# Luas Park and Ride



## collinsp (30 Jun 2008)

Hi

I'll be in Dublin from Wed afternoon to Fri afternoon and my
plan was to leave the car in the LUAS park and ride in Tallaght.
I'll be in the city centre for the few days so won't need it.
I don't know Dublin well so was wondering : is this a safe plan?
24 hour security is not provided - but it is cheap parking and
less risky then leaving it on the side of the street.

Thanks.


----------



## Sue Ellen (30 Jun 2008)

One slight correction, the park and ride is at Red Cow and not Tallaght.  The terminus is at The Square Shopping Centre in Tallaght.

If it was my car I wouldn't be inclined to leave it there.  It would attract the wrong type of attention if its left there for that length of time.

There is a park just a short distance from the Luas park and ride and a derelict castle.  A lot of underage drinking takes place there at night time and this will probably be bad at the moment because of the holiday period.

There is also a lot of graffiti done late at night in and around there.

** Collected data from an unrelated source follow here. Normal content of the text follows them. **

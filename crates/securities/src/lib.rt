// Securities and their payments (document 01, section Securities and payments), date limits (document 02, card 5) and minimum pieces (card
// 6). Limits and pieces are judged where they are taken; the rules of the tables wait for a good calendar.
#![tactic(auto)]

ghost use Rattle.std.specs.Prelude.{◌≡◌, ◌+◌, ◌≤◌, ◌<◌, ◌↔◌, true, eqb, length, List, ℕ, IfSome, IsSome};
ghost use Rattle.lists.specs.All.{all};
ghost use Rattle.days.specs.Days.{is_date, last_open};
ghost use Rattle.securities.specs.Lent.{from_one_to, good_limits, good_pieces, is_mbs, maximum_of, piece_of};
ghost use Rattle.securities.specs.Securities.{security_of, type_of, frequency_of, row_of, row_at, rows_from, good_row, good_rows, good_security, good_tables};

use days::{Calendar, Date};
use std::marker::Model;

// The words of the tables: 16 securities of 114 words, type, frequency and 16 rows of 7.
pub const TABLE_WORDS: usize = 1824;

const SECURITIES: usize = 16;

const SECURITY_WORDS: usize = 114;

const ROWS: usize = 16;

const ROW_WORDS: usize = 7;

// The largest factor, in billionths of a dollar for each dollar of par.
const LARGEST_FACTOR: u32 = 2_000_000_000;

// The mask with the bits of all 16 accounts on.
const LARGEST_MASK: u32 = 65535;

// The words of date limits, and the largest number.
const LIMIT_WORDS: usize = 5;

const LARGEST_LIMIT: u32 = 16;

// The words of pieces, and the largest piece.
const PIECE_WORDS: usize = 16;

const LARGEST_PIECE: u32 = 1_000_000;

// A row of a security, with its number there. Factors are billionths of a dollar for each dollar of par; redeems is 1 where the payment
// redeems the security; bit a of the mask is on if account a's payment went to a non-interest-bearing account.
#[derive(Clone, Copy, Debug, PartialEq, Eq)]
pub struct Row {
    pub index: u8,
    pub record_date: u32,
    pub beneficiary_date: u32,
    pub payment_date: u32,
    pub interest_factor: u32,
    pub principal_factor: u32,
    pub redeems: u32,
    pub mask: u32,
}

impl Row {
    // The row that seven words hold.
    #[tactic(auto, unfolding(crate::specs::Securities::row_of))]
    fn of(index: u8, words: &[u32]) -> Row
        requires { length words.now ≡ 7 }
        ensures { result ≡ row_of index words.now }
    {
        Row {
            index,
            record_date: words[0],
            beneficiary_date: words[1],
            payment_date: words[2],
            interest_factor: words[3],
            principal_factor: words[4],
            redeems: words[5],
            mask: words[6],
        }
    }
}

// Lent tables.
#[derive(Drop)]
pub struct Tables<'a> {
    words: &'a [u32],
}

impl<'a> Model for Tables<'a> {
    ghost Value = { List ℕ };

    ghost view = { λ t. t.words.now };

    ghost invariant = { λ t. length t.words.now ≡ 1824 };
}

impl<'a> Tables<'a> {
    // The tables of words, if they are 1,824.
    pub fn new(words: &'a [u32]) -> Option<Tables<'a>>
        ensures value { IfSome result (λ t. t ≡ words.now) }
        ensures variant { IsSome result ↔ (length words.now ≡ 1824) }
    {
        if words.len() == TABLE_WORDS {
            Some(Tables { words })
        } else {
            None
        }
    }

    // Whether the tables keep every rule: number 3 where they do not.
    pub fn is_good(&self, calendar: &Calendar<'_>) -> bool
        ensures { result ≡ good_tables calendar.now self.now }
    {
        let last = last_day(calendar);
        for s in (0..SECURITIES).rev() {
            let at = SECURITY_WORDS * s;
            if !good_security(last, &self.words[at..at + SECURITY_WORDS]) {
                return false;
            }
        }
        true
    }

    // The type of a security.
    pub fn security_type(&self, s: u8) -> u32
        requires { s < 16 }
        ensures { result ≡ type_of (security_of self.now s) }
    {
        self.words[SECURITY_WORDS * s as usize]
    }

    // Whether a security is MBS: types 3 and 4.
    pub fn is_mbs(&self, s: u8) -> bool
        requires { s < 16 }
        ensures { result ≡ is_mbs (type_of (security_of self.now s)) }
    {
        3 <= self.security_type(s)
    }

    // The frequency of a security.
    pub fn frequency(&self, s: u8) -> u32
        requires { s < 16 }
        ensures { result ≡ frequency_of (security_of self.now s) }
    {
        self.words[SECURITY_WORDS * s as usize + 1]
    }

    // The row with a number of a security.
    pub fn row(&self, s: u8, index: u8) -> Row
        requires { (s < 16) × (index < 16) }
        ensures { result ≡ row_at self.now s index }
    {
        let at = SECURITY_WORDS * s as usize + 2 + ROW_WORDS * index as usize;
        Row::of(index, &self.words[at..at + ROW_WORDS])
    }
}

// Date limits: maximum numbers of Beneficiary Dates for MBS, then monthly, quarterly, semiannual, annual.
#[derive(Drop)]
pub struct Limits<'a> {
    numbers: &'a [u32],
}

impl<'a> Model for Limits<'a> {
    ghost Value = { List ℕ };

    ghost view = { λ l. l.numbers.now };

    ghost invariant = { λ l. length l.numbers.now ≡ 5 };
}

impl<'a> Limits<'a> {
    // The date limits of numbers that have their length and keep every rule: number 12 where there are none.
    pub fn new(numbers: &'a [u32]) -> Option<Limits<'a>>
        ensures value { IfSome result (λ l. l ≡ numbers.now) }
        ensures variant { IsSome result ↔ (good_limits numbers.now ≡ true) }
    {
        if good_limits(numbers) {
            Some(Limits { numbers })
        } else {
            None
        }
    }

    // The date limits of five numbers, whatever they are.
    pub fn of(numbers: &'a [u32; 5]) -> Limits<'a>
        ensures { result ≡ numbers.now }
    {
        Limits { numbers }
    }

    // The maximum number of a security: MBS has one of its own, other types go by frequency.
    pub fn maximum(&self, tables: &Tables<'_>, s: u8) -> u32
        requires { (s < 16) × (frequency_of (security_of tables.now s) ≤ 4) }
        ensures { result ≡ maximum_of tables.now self.now s }
    {
        if tables.is_mbs(s) {
            self.numbers[0]
        } else {
            self.numbers[tables.frequency(s) as usize]
        }
    }
}

// Lent minimum pieces that have their length and range, a number for each security.
#[derive(Drop)]
pub struct Pieces<'a> {
    numbers: &'a [u32],
}

impl<'a> Model for Pieces<'a> {
    ghost Value = { List ℕ };

    ghost view = { λ p. p.numbers.now };

    ghost invariant = { λ p. good_pieces p.numbers.now ≡ true };
}

impl<'a> Pieces<'a> {
    // The pieces of numbers that have their length and range: number 13 where there are none.
    pub fn new(numbers: &'a [u32]) -> Option<Pieces<'a>>
        ensures value { IfSome result (λ p. p ≡ numbers.now) }
        ensures variant { IsSome result ↔ (good_pieces numbers.now ≡ true) }
    {
        if good_pieces(numbers) {
            Some(Pieces { numbers })
        } else {
            None
        }
    }

    // The pieces of good numbers.
    pub fn of(numbers: &'a [u32]) -> Pieces<'a>
        requires { good_pieces numbers.now ≡ true }
        ensures { result ≡ numbers.now }
    {
        Pieces { numbers }
    }

    // The piece of a security.
    pub fn piece(&self, s: u8) -> u32
        requires { s < 16 }
        ensures value { result ≡ piece_of self.now s }
        ensures positive { 0 < result }
    {
        self.numbers[s as usize]
    }
}

// The number of the last open day, 0 where no day is open.
fn last_day(calendar: &Calendar<'_>) -> u32
    ensures { result ≡ last_open calendar.now }
{
    match calendar.last_open() {
        Some(d) => d.0,
        None => 0,
    }
}

// Whether a number is a date.
fn is_date(n: u32) -> bool
    ensures { result ≡ is_date n }
{
    Date::new(n).is_some()
}

// Whether every word is zero.
fn all_zero(words: &[u32]) -> bool
    ensures { result ≡ all (λ w. eqb w 0) words.now }
{
    words.iter().all(|w| *w == 0)
}

// Whether a filled row keeps the rules that it has by itself.
fn good_row(last: u32, row: Row) -> bool
    ensures { result ≡ good_row last row }
{
    if !is_date(row.record_date) {
        return false;
    }
    if !is_date(row.beneficiary_date) {
        return false;
    }
    if !is_date(row.payment_date) {
        return false;
    }
    if LARGEST_FACTOR < row.interest_factor {
        return false;
    }
    if LARGEST_FACTOR < row.principal_factor {
        return false;
    }
    if 1 < row.redeems {
        return false;
    }
    if LARGEST_MASK < row.mask {
        return false;
    }
    if row.payment_date < row.record_date {
        return false;
    }
    if row.payment_date < row.beneficiary_date {
        return false;
    }
    row.payment_date <= last
}

// Whether the 16 rows of a security keep their rules.
fn good_rows(last: u32, rows: &[u32]) -> bool
    requires { length rows.now ≡ 112 }
    ensures { result ≡ good_rows last 0 0 (rows_from 16 0 rows.now) }
{
    let mut record_date: u32 = 0;
    let mut beneficiary_date: u32 = 0;
    for i in 0..ROWS {
        let at = ROW_WORDS * i;
        let end = at + ROW_WORDS;
        let words = &rows[at..end];
        if all_zero(words) {
            return all_zero(&rows[end..]);
        }
        let row = Row::of(i as u8, words);
        if !good_row(last, row) {
            return false;
        }
        if row.record_date <= record_date {
            return false;
        }
        if row.beneficiary_date <= beneficiary_date {
            return false;
        }
        record_date = row.record_date;
        beneficiary_date = row.beneficiary_date;
    }
    true
}

// Whether the words of a security keep its rules.
fn good_security(last: u32, words: &[u32]) -> bool
    requires { length words.now ≡ 114 }
    ensures { result ≡ good_security last words.now }
{
    let security_type = words[0];
    if security_type == 0 {
        return all_zero(words);
    }
    if 4 < security_type {
        return false;
    }
    let frequency = words[1];
    if frequency < 1 {
        return false;
    }
    if 4 < frequency {
        return false;
    }
    good_rows(last, &words[2..])
}

// Whether a number is 1 to the largest.
fn from_one_to(largest: u32, n: u32) -> bool
    ensures { result ≡ from_one_to largest n }
{
    if n < 1 {
        return false;
    }
    n <= largest
}

// Whether every number is 1 to the largest.
fn all_from_one_to(largest: u32, numbers: &[u32]) -> bool
    ensures { result ≡ all (from_one_to largest) numbers.now }
{
    numbers.iter().all(|n| from_one_to(largest, *n))
}

// Whether date limits have their length and keep every rule.
fn good_limits(limits: &[u32]) -> bool
    ensures { result ≡ good_limits limits.now }
{
    if limits.len() != LIMIT_WORDS {
        return false;
    }
    if !all_from_one_to(LARGEST_LIMIT, limits) {
        return false;
    }
    if limits[1] < limits[2] {
        return false;
    }
    if limits[2] < limits[3] {
        return false;
    }
    limits[4] <= limits[3]
}

// Whether pieces have their length and range.
fn good_pieces(pieces: &[u32]) -> bool
    ensures { result ≡ good_pieces pieces.now }
{
    if pieces.len() != PIECE_WORDS {
        return false;
    }
    all_from_one_to(LARGEST_PIECE, pieces)
}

Sorry I can't recommend anywhere else nearby.  Most places around there have either disc parking or clamping in operation.


----------



## oldtimer (30 Jun 2008)

I will be in a similar situation as collinsp in August - not familiar with Dublin, staying in city centre  for 3 days and would like to leave the car somewhere safe. Any suggestions? Is there a 24 hour secure car park somewhere on Ushers Quay? Would a country guy like me be able to manouvre around the Red Cow Roundabout and make my way that far?


----------



## gubby (30 Jun 2008)

I guess this is a stupid thing to say but can you not park where you are staying? ie b&b hotel, friends house whatever???


----------



## Sue Ellen (30 Jun 2008)

oldtimer said:


> I will be in a similar situation as collinsp in August - not familiar with Dublin, staying in city centre  for 3 days and would like to leave the car somewhere safe. Any suggestions? Is there a 24 hour secure car park somewhere on Ushers Quay? Would a country guy like me be able to manouvre around the Red Cow Roundabout and make my way that far?



One of the options on  Google for parking on Usher's Quay was QPark which AFAIK is an expensive option.

I really don't see any problem with getting through the Red Cow roundabout as long as you take your time.  If you make a mistake and miss one of the turns then all you need to do is to go a short distance to the next roundabout, which I think is called Firhouse or Spawell, and you can turn back there.

This site might help http://www.m50.ie/


----------



## collinsp (30 Jun 2008)

sueellen,

Thanks for the reply. I'm confused about one thing. According to the luas website "Due to ongoing M50 upgrade works parking at LUAS Red Cow Park and Ride is limited. Please use the LUAS Park and Ride at Tallaght Cross; access via Belgard Square West. Please click here for info and a map". 
The map shows the P+R near the shopping centre. Is this the one which is
near the park and the derelict castle?

Thanks.


----------



## boaber (30 Jun 2008)

One point to note about the luas car parks, you can only pay for up to 24 hours at a time (€4), so you would have to come back to pay for another 24 hours.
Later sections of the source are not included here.